- Official film poster
- Written by: Reeko Moosa Manik
- Directed by: Reeko Moosa Manik
- Starring: Reeko Moosa Manik Lilian Saeed Suneetha
- Country of origin: Maldives
- Original language: Dhivehi

Production
- Producer: Television Maldives
- Cinematography: Mohamed Manik Mohamed Rasheed
- Editor: Moosa Haleem

Original release
- Network: Television Maldives
- Release: 1993

= Dhanmalhi =

Dhanmalhi is a 1993 Maldivian teledrama directed by Reeko Moosa Manik. Produced and distributed by Television Maldives, the film stars Reeko Moosa Manik, Lilian Saeed and Suneetha in pivotal roles. The film shows the conflict between a husband and wife and the progression of the husband due to his wife's behavior.

==Premise==
Idhrees (Reeko Moosa Manik) is married to an indolent, deceptive and manipulative wife, Faree (Lilian Saeed) who does no work other than sleep and watching television citing her ill-health. Idhrees, who is treated as a servant to Faree gets his final warning at his job for being continuously late to work. Hussainfulhu (Koyya Hassan Manik), a well wisher for Idhrees, advises him to take control of his life. Meanwhile, a colleague of Idhrees, Hafsa (Suneetha) shows interest towards him while his wife suspects him having an affair with another woman.

== Cast ==
- Reeko Moosa Manik as Idhrees
- Lilian Saeed as Fareedha
- Suneetha as Hafsa
- Koyya Hassan Manik as Hussainfulhu
- Arifa Ibrahim as Fareedha's mother
- Shakir as Solih

== Reception ==
Upon release, the film mainly received mixed to positive reviews from critics.

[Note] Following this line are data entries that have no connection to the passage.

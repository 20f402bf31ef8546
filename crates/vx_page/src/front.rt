//! The front of a page: all that stands before the report. It is made by page/make.py.

ghost use Rattle.std.specs.Prelude.{◌≡◌, ◌++◌, OnErr, OnOk};
ghost use Rattle.vx_page.specs.Front.{part_1, part_2, part_3, part_4, part_5, part_6, part_7, part_8, front};

use crate::parts::put_parts;
use std::alloc::AllocError;

#[tactic(auto, unfolding(crate::specs::Front::part_1))]
fn part_1() -> &'static [u8]
    ensures { result.now ≡ part_1 }
{
    br##"<!doctype html>
<html lang="en">
<head>
<meta charset="utf-8">
<meta name="viewport" content="width=device-width, initial-scale=1">
<title>varexj report</title>
<style>
:root {
  color-scheme: light dark;
  --paper: #ffffff;
  --ink: #1a1c20;
  --faint: #5a606b;
  --rule: #c9ced6;
  --shade: #9cc3f0;
  --strong: #0b57a8;
  --found: #ffe08a;
}
@media (prefers-color-scheme: dark) {
  :root {
    --paper: #14161a;
"##
}

#[tactic(auto, unfolding(crate::specs::Front::part_2))]
fn part_2() -> &'static [u8]
    ensures { result.now ≡ part_2 }
{
    br##"    --ink: #eceef2;
    --faint: #a9b0bc;
    --rule: #3c424d;
    --shade: #1f4f86;
    --strong: #8ec1ff;
    --found: #6b5200;
  }
}
* { box-sizing: border-box; }
body {
  margin: 0 auto;
  max-width: 1500px;
  padding: 0 1rem 2rem;
  background: var(--paper);
  color: var(--ink);
  font: 1rem/1.45 system-ui, sans-serif;
}
header {
  position: sticky;
  top: 0;
"##
}

#[tactic(auto, unfolding(crate::specs::Front::part_3))]
fn part_3() -> &'static [u8]
    ensures { result.now ≡ part_3 }
{
    br##"  z-index: 1;
  display: flex;
  flex-wrap: wrap;
  gap: 0 1.5rem;
  align-items: baseline;
  padding: .4rem 0;
  background: var(--paper);
  border-bottom: 1px solid var(--rule);
}
h1 { margin: 0; font-size: 1.1rem; }
h2 { margin: 1.2rem 0 .3rem; font-size: 1rem; }
h3 { margin: .6rem 0 .2rem; font-size: .9rem; }
p { margin: .2rem 0; }
#count { font-weight: 600; }
#address, code, .line, td.words { font-family: ui-monospace, monospace; font-size: .875rem; overflow-wrap: anywhere; }
a { color: var(--strong); }
button, input[type=search] {
  font: inherit;
  color: inherit;
  background: var(--paper);
"##
}

#[tactic(auto, unfolding(crate::specs::Front::part_4))]
fn part_4() -> &'static [u8]
    ensures { result.now ≡ part_4 }
{
    br##"  border: 1px solid var(--faint);
  border-radius: 4px;
  padding: .15rem .5rem;
}
input[type=search] { width: 100%; max-width: 24rem; }
button { cursor: pointer; white-space: nowrap; }
:focus-visible { outline: 3px solid var(--strong); outline-offset: 1px; }
small, .none { color: var(--faint); }
fieldset {
  display: flex;
  flex-wrap: wrap;
  gap: 0 .7rem;
  align-items: baseline;
  min-width: 0;
  margin: 0;
  padding: .2rem 0;
  border: 0;
  border-bottom: 1px solid var(--rule);
}
legend { float: left; min-width: 8rem; padding: 0; font-weight: 600; overflow-wrap: anywhere; }
"##
}

#[tactic(auto, unfolding(crate::specs::Front::part_5))]
fn part_5() -> &'static [u8]
    ensures { result.now ≡ part_5 }
{
    br##"label { white-space: nowrap; }
label:has(:disabled) { color: var(--faint); text-decoration: line-through; }
table { width: 100%; border-collapse: collapse; }
th, td { padding: .2rem .6rem .2rem 0; text-align: left; vertical-align: baseline; border-bottom: 1px solid var(--rule); }
td.number { text-align: right; font-variant-numeric: tabular-nums; }
td.rule { overflow-wrap: anywhere; }
ol, ul { margin: 0; padding: 0; list-style: none; }
.line {
  display: flex;
  gap: .8rem;
  justify-content: space-between;
  padding: 0 .4rem;
  border-left: 3px solid var(--strong);
  background: color-mix(in srgb, var(--shade) var(--share), transparent);
  content-visibility: auto;
  contain-intrinsic-height: auto 1.25rem;
}
.line code { white-space: pre-wrap; min-height: 1.25rem; }
.line code.part::after { content: "\2026"; }
.line small { color: var(--ink); white-space: nowrap; }
"##
}

#[tactic(auto, unfolding(crate::specs::Front::part_6))]
fn part_6() -> &'static [u8]
    ensures { result.now ≡ part_6 }
{
    br##"mark { background: var(--found); color: inherit; }
#flips li { padding: .2rem 0; border-bottom: 1px solid var(--rule); }
#flips pre { margin: .2rem 0; white-space: pre-wrap; overflow-wrap: anywhere; font-size: .875rem; }
summary { cursor: pointer; }
@media (max-width: 599px) {
  thead { display: none; }
  #ends tr { display: grid; grid-template-columns: 1fr auto; border-bottom: 1px solid var(--rule); }
  #ends td { padding: .1rem 0; border: 0; text-align: left; }
  #ends .words, #ends .rule { order: 1; grid-column: 1 / -1; }
  .rule::before { content: "when "; }
}
@media (min-width: 600px) {
  .streams { display: grid; grid-template-columns: 1fr; }
  main { display: grid; grid-template-columns: minmax(19rem, 24rem) minmax(0, 1fr); gap: 0 2rem; }
  #options { grid-row: 1 / span 4; }
}
@media (min-width: 900px) {
  .streams { grid-template-columns: minmax(0, 2fr) minmax(0, 1fr); gap: 0 1.5rem; }
}
</style>
"##
}

#[tactic(auto, unfolding(crate::specs::Front::part_7))]
fn part_7() -> &'static [u8]
    ensures { result.now ≡ part_7 }
{
    br##"</head>
<body>
<header>
<h1>varexj report</h1>
<p id="count" role="status" aria-live="polite"></p>
<p><a id="address" href="#">#</a></p>
</header>
<noscript><p>This page needs JavaScript. The report stands at its end, as text.</p></noscript>
<main>
<section id="options" aria-labelledby="options-title">
<h2 id="options-title">Options</h2>
<p><button type="button" id="open">leave all open</button></p>
<div id="switches"></div>
</section>
<section aria-labelledby="ends-title">
<h2 id="ends-title">Ends</h2>
<table>
<thead><tr><th scope="col">configurations</th><th scope="col">end</th><th scope="col">when</th><th scope="col">example</th></tr></thead>
<tbody id="ends"></tbody>
</table>
"##
}

#[tactic(auto, unfolding(crate::specs::Front::part_8))]
fn part_8() -> &'static [u8]
    ensures { result.now ≡ part_8 }
{
    br##"<p id="attempts"></p>
</section>
<section aria-labelledby="output-title">
<h2 id="output-title">Output</h2>
<p><label for="find">find a text</label> <input type="search" id="find" autocomplete="off" spellcheck="false"></p>
<p id="found" role="status" aria-live="polite"></p>
<div class="streams">
<div><h3 id="out-title">out</h3><ol id="out" aria-labelledby="out-title"></ol></div>
<div><h3 id="err-title">err</h3><ol id="err" aria-labelledby="err-title"></ol></div>
</div>
</section>
<section aria-labelledby="flips-title">
<h2 id="flips-title">Flips: what one switch changes</h2>
<p id="flips-note"></p>
<ul id="flips"></ul>
</section>
</main>
<pre id="report" hidden>
"##
}

/// Puts the whole. Want of memory leaves the text as it was.
pub fn put_front(out: &mut Vec<u8>) -> Result<(), AllocError>
    ensures ok { OnOk result (out.new.items ≡ out.old.items ++ front) }
    ensures err { OnErr result (out.new.items ≡ out.old.items) }
{
    let parts = [
        part_1(),
        part_2(),
        part_3(),
        part_4(),
        part_5(),
        part_6(),
        part_7(),
        part_8(),
    ];
    put_parts(out, &parts)
}
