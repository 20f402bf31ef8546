//! The page of a report: one file for a browser, which holds the report's text.
#![tactic(auto)]

mod back;
mod escapes;
mod front;
pub mod law;
pub mod page;
mod parts;

pub use law::page_is_read_back;
pub use page::write_page;
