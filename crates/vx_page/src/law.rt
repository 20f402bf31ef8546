//! The law of escaped texts.

ghost use Rattle.vx_page.specs.Escapes.{PageIsReadBack};

/// The law of escaped texts: whatever its bytes are, an escaped text is read as the text, and nothing in it begins a tag or a
/// comment.
pub fn page_is_read_back()
    ensures { PageIsReadBack }
{}
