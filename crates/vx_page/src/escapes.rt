//! Texts in HTML.

ghost use Rattle.std.specs.Prelude.{◌≡◌, ◌++◌, OnErr, OnOk};
ghost use Rattle.vx_page.specs.Escapes.{escaped, escaped_byte};

use std::alloc::AllocError;
use vx_list::or_cut_back;

fn put_byte(out: &mut Vec<u8>, b: u8) -> Result<(), AllocError>
    ensures ok { OnOk result (out.new.items ≡ out.old.items ++ escaped_byte b) }
    ensures err { OnErr result (out.new.items ≡ out.old.items) }
{
    match b {
        b'&' => out.extend_from_slice(b"&amp;"),
        b'<' => out.extend_from_slice(b"&lt;"),
        _ => Ok(out.push(b)?),
    }
}

/// Puts a text so that HTML reads it as the text: `&` and `<` as entities, which say something there, and all else as it is
/// (HTML, 13.1.2, normal elements). Want of memory leaves the text that is put to as it was.
#[tactic(auto, using(std::proofs::lemmas::List::append_assoc, std::proofs::lemmas::List::take_at))]
pub fn put_escaped(out: &mut Vec<u8>, text: &[u8]) -> Result<(), AllocError>
    ensures ok { OnOk result (out.new.items ≡ out.old.items ++ escaped text.now) }
    ensures err { OnErr result (out.new.items ≡ out.old.items) }
{
    let held = out.len();
    for b in text {
        or_cut_back(put_byte(out, *b), out, held)?;
    }
    Ok(())
}
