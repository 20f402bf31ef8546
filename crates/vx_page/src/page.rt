//! The page of a report.

ghost use Rattle.std.specs.Prelude.{◌≡◌, IfOk};
ghost use Rattle.vx_page.specs.Page.{report_page};

use crate::back::put_back;
use crate::escapes::put_escaped;
use crate::front::put_front;
use std::alloc::{AllocError, Global};
use vx_report::{Report, write_report};

/// The page of a report: a file of HTML that holds the report's text, and a script that shows it in a browser.
#[tactic(auto, unfolding(crate::specs::Page::report_page))]
pub fn write_page(alloc: Global, report: &Report) -> Result<Vec<u8>, AllocError>
    ensures { IfOk result (λ text. text.items ≡ report_page report.now) }
{
    let text = write_report(alloc, report)?;
    let mut out = Vec::new(alloc);
    put_front(&mut out)?;
    put_escaped(&mut out, text.as_slice())?;
    put_back(&mut out)?;
    Ok(out)
}
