//! What a verdict of yes says of native methods, and so of runs: each is carried out on what its form says, and hands back what its form says.
#![tactic(auto)]

ghost use Rattle.vx_sound.specs.Law.{NativesKeepTypes, VerifiedNeverIllegal};

/// The law of native methods: at its call in a typed state a native method breaks no rule, and what it leads to is typed (JVMS 2.11, the class library of Java SE 7).
pub fn native_methods_keep_types()
    ensures { NativesKeepTypes }
{}

/// The whole law: no run of a verified program ends as illegal, in any configuration and with any limit (JVMS 2.6, 4.10).
pub fn verified_never_illegal()
    ensures { VerifiedNeverIllegal }
{}
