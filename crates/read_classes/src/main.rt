//! Reads the class files whose paths stand on the lines of the input, and writes what each has: the path, the major
//! version, how many pool places, interfaces, fields, methods and methods with code there are, and whether it is the same class
//! after it is written and read again.
#![tactic(auto)]

use std::alloc::Global;
use std::{fs, io};
use vx_class::{ClassFault, ClassFile, read_class};
use vx_writer::write_class;

/// How many methods have code.
fn codes(class: &ClassFile) -> usize {
    let methods = class.methods.as_slice();
    methods
        .iter()
        .filter(|method| method.code.is_some())
        .count()
}

/// Whether a class that is written and read again is the same.
fn is_read_again(alloc: Global, class: &ClassFile) -> Result<bool, ClassFault> {
    let bytes = write_class(alloc, class)?;
    let again = read_class(alloc, bytes.as_slice())?;
    let before = format!(in alloc; "{class:?}")?;
    let after = format!(in alloc; "{again:?}")?;
    Ok(before == after)
}

fn show(rt: &impl Print, alloc: Global, path: &str, class: &ClassFile) -> io::Result<()> {
    let major = class.major;
    let places = class.pool.entries.len();
    let interfaces = class.interfaces.len();
    let fields = class.fields.len();
    let methods = class.methods.len();
    let codes = codes(class);
    let again = match is_read_again(alloc, class) {
        Ok(true) => "same",
        Ok(false) => "other",
        Err(_) => "unread",
    };
    println!(rt; "{path} {major} {places} {interfaces} {fields} {methods} {codes} {again}")
}

fn main(rt: HostRuntime) -> io::Result<()> {
    for line in rt.lines(rt.alloc()) {
        let path = line?;
        let bytes = fs::read(&rt, path.as_str())?;
        match read_class(rt.alloc(), &bytes) {
            Ok(class) => show(&rt, rt.alloc(), path.as_str(), &class)?,
            Err(ClassFault::Bad { at, reason }) => println!(rt; "{path} refused {at} {reason}")?,
            Err(ClassFault::NoMemory) => println!(rt; "{path} no memory")?,
        }
    }
    Ok(())
}
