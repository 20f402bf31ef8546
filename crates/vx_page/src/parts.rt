//! Fixed parts of a page.

ghost use Rattle.std.specs.Prelude.{◌≡◌, ◌++◌, OnErr, OnOk};
ghost use Rattle.vx_page.specs.Parts.{joined_slices};

use std::alloc::AllocError;
use vx_list::or_cut_back;

/// Puts parts one behind the other. Want of memory leaves the text as it was.
#[tactic(auto, using(std::proofs::lemmas::List::append_assoc, std::proofs::lemmas::List::take_at))]
pub fn put_parts(out: &mut Vec<u8>, parts: &[&[u8]]) -> Result<(), AllocError>
    ensures ok { OnOk result (out.new.items ≡ out.old.items ++ joined_slices parts.now) }
    ensures err { OnErr result (out.new.items ≡ out.old.items) }
{
    let held = out.len();
    for part in parts {
        or_cut_back(out.extend_from_slice(part), out, held)?;
    }
    Ok(())
}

It was lauded for demonstrating the classical regressive view from a female's perspective unlike other locals releases and also for the performance of Reeko Moosa Manik and Lilian Saeed. Similarly, another critic applauded the cinematographer and director's work in utilizing the locations as a "transitioning point" in the film, however criticized the film makers conception of a healthy marriage.